Within the data below, count the lines that include the word "format". Provide the number and nothing further.

Data shown section start

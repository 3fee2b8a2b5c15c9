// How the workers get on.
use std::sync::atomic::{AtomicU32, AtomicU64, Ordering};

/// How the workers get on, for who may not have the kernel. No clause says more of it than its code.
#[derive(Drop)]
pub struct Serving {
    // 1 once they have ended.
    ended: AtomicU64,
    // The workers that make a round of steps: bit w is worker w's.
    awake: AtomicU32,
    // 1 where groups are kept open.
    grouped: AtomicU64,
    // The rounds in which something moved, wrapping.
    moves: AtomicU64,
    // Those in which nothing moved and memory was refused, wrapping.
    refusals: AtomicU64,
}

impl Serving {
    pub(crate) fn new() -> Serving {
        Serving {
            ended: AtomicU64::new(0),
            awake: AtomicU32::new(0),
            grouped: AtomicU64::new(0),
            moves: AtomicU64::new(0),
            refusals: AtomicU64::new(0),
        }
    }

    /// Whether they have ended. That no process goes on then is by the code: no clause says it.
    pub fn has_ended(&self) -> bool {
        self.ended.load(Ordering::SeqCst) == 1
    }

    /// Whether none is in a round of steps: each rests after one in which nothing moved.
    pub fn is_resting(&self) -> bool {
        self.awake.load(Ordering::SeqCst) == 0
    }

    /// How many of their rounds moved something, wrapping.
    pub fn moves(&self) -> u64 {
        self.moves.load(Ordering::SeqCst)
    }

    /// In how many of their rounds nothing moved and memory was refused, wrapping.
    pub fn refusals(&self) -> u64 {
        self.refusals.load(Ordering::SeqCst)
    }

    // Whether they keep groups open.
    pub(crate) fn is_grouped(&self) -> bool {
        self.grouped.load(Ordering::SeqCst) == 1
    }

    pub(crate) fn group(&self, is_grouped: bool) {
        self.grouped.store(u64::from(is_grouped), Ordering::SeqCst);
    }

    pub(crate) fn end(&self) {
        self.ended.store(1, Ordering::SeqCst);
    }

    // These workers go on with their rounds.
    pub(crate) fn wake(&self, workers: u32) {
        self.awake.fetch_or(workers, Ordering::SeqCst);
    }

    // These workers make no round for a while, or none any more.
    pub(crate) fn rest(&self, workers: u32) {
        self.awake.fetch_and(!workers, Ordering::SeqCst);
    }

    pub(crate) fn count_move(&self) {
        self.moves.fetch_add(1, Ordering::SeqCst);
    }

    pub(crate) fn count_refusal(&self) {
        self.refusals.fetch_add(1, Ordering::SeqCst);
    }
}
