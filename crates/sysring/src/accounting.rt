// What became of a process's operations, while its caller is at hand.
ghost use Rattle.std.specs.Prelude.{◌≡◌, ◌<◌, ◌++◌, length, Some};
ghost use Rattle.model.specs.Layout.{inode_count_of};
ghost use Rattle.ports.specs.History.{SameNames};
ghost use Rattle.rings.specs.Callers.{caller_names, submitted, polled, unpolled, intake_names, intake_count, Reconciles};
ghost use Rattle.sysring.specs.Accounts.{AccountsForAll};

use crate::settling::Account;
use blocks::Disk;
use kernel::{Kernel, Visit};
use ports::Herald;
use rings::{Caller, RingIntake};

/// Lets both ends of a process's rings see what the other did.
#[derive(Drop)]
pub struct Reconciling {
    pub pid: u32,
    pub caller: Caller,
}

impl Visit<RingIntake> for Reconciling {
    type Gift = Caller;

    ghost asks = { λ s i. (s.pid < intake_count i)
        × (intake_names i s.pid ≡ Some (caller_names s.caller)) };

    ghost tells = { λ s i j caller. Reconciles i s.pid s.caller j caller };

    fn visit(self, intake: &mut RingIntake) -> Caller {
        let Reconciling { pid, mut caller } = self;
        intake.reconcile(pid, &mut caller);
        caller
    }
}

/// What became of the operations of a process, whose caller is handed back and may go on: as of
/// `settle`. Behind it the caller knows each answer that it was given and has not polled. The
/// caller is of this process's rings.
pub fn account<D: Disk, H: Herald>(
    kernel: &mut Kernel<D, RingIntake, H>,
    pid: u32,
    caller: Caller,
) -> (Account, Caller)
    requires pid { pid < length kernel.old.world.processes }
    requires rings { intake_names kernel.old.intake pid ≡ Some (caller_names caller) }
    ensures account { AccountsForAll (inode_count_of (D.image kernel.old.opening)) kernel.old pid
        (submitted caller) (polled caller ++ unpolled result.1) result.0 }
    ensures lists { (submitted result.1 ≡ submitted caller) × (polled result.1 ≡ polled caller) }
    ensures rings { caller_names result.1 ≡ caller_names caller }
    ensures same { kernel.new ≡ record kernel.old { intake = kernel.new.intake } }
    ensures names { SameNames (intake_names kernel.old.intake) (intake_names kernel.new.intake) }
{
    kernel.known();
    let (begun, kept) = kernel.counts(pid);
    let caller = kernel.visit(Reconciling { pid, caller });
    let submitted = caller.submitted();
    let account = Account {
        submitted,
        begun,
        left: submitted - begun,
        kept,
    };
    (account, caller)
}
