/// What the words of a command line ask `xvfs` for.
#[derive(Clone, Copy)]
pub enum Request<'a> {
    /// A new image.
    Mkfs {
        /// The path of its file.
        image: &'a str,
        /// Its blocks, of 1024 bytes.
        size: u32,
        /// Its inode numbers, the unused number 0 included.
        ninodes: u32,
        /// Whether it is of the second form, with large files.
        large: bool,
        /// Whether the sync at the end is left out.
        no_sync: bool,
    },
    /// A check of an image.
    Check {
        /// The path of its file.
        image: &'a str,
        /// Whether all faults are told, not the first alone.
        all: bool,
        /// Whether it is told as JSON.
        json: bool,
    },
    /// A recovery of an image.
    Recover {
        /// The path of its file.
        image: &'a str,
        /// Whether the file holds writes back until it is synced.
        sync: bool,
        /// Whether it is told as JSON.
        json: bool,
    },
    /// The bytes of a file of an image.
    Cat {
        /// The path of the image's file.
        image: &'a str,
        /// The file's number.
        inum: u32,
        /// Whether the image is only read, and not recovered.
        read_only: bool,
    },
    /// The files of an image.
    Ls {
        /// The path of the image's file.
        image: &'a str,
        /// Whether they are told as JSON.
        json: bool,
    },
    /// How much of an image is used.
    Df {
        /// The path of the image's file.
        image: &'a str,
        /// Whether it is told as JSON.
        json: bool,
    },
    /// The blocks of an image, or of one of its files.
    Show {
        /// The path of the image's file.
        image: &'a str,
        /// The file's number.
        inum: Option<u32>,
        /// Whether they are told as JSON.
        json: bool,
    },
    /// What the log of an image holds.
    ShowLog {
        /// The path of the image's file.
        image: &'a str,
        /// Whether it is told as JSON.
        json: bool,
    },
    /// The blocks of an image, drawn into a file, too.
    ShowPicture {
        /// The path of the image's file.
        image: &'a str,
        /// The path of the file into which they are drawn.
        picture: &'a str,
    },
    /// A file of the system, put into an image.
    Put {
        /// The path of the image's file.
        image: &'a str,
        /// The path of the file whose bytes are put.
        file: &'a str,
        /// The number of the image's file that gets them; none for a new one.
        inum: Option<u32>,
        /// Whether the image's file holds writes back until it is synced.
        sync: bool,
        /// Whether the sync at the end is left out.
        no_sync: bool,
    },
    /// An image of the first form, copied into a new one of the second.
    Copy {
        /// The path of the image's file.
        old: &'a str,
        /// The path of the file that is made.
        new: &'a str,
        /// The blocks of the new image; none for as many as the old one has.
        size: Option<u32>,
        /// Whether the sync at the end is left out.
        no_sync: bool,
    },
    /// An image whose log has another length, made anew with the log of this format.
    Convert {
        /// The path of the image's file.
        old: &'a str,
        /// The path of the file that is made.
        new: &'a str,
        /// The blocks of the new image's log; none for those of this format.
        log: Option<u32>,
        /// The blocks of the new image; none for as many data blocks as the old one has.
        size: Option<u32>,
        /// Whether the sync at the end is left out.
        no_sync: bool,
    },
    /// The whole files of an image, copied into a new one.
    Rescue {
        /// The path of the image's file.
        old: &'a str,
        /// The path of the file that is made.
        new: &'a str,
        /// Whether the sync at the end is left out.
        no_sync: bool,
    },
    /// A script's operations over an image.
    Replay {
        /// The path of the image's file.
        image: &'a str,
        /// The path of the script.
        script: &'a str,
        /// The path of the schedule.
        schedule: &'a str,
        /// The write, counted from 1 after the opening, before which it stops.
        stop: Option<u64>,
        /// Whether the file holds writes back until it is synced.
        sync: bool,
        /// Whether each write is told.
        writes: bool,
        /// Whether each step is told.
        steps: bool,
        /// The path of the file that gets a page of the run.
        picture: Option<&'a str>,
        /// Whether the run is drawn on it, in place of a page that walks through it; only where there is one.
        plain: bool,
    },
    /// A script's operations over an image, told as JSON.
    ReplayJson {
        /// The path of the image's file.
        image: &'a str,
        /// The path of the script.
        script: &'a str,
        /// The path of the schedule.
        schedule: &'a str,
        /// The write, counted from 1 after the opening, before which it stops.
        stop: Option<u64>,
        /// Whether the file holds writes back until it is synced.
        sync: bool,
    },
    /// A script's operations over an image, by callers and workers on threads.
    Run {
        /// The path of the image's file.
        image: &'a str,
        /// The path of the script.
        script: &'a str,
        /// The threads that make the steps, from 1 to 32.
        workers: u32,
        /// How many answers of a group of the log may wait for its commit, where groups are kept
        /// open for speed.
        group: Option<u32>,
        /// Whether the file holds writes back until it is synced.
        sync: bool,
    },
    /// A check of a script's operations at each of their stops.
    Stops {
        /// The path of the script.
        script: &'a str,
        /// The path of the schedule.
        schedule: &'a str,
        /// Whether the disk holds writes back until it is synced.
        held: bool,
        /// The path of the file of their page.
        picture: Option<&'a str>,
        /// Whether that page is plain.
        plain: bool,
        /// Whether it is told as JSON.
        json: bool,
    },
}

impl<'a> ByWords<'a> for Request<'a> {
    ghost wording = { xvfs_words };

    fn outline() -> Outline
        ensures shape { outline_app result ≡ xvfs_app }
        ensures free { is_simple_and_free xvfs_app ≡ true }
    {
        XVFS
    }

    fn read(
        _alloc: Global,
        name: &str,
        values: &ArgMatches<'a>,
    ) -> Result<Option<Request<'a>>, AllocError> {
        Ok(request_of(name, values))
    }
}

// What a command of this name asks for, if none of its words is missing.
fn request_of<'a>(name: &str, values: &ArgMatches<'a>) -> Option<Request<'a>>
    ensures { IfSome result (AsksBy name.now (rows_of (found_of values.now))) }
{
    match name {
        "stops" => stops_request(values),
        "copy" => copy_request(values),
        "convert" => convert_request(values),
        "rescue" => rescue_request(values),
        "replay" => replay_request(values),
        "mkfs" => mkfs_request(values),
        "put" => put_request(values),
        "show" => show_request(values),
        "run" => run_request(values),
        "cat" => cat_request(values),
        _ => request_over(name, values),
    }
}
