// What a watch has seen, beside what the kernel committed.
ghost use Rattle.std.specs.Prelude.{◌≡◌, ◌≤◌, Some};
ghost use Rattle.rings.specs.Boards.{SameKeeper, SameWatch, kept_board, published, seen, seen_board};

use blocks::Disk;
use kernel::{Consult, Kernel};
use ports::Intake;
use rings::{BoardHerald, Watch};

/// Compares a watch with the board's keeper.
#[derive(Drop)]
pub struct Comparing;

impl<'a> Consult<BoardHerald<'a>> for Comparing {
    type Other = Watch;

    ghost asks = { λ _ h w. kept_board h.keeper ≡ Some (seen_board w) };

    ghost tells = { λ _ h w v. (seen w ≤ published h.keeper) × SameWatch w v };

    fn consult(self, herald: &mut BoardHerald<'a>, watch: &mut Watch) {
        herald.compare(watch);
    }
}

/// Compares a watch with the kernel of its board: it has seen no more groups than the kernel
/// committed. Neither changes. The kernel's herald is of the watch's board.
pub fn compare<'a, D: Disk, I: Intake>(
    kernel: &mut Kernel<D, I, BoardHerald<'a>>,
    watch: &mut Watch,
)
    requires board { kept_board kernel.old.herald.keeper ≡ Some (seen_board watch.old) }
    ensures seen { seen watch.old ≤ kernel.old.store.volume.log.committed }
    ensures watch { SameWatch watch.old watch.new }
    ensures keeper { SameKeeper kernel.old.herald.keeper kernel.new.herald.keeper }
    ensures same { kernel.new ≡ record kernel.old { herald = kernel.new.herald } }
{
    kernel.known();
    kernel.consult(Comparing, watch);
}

Data shown section end

> **Your solution**
2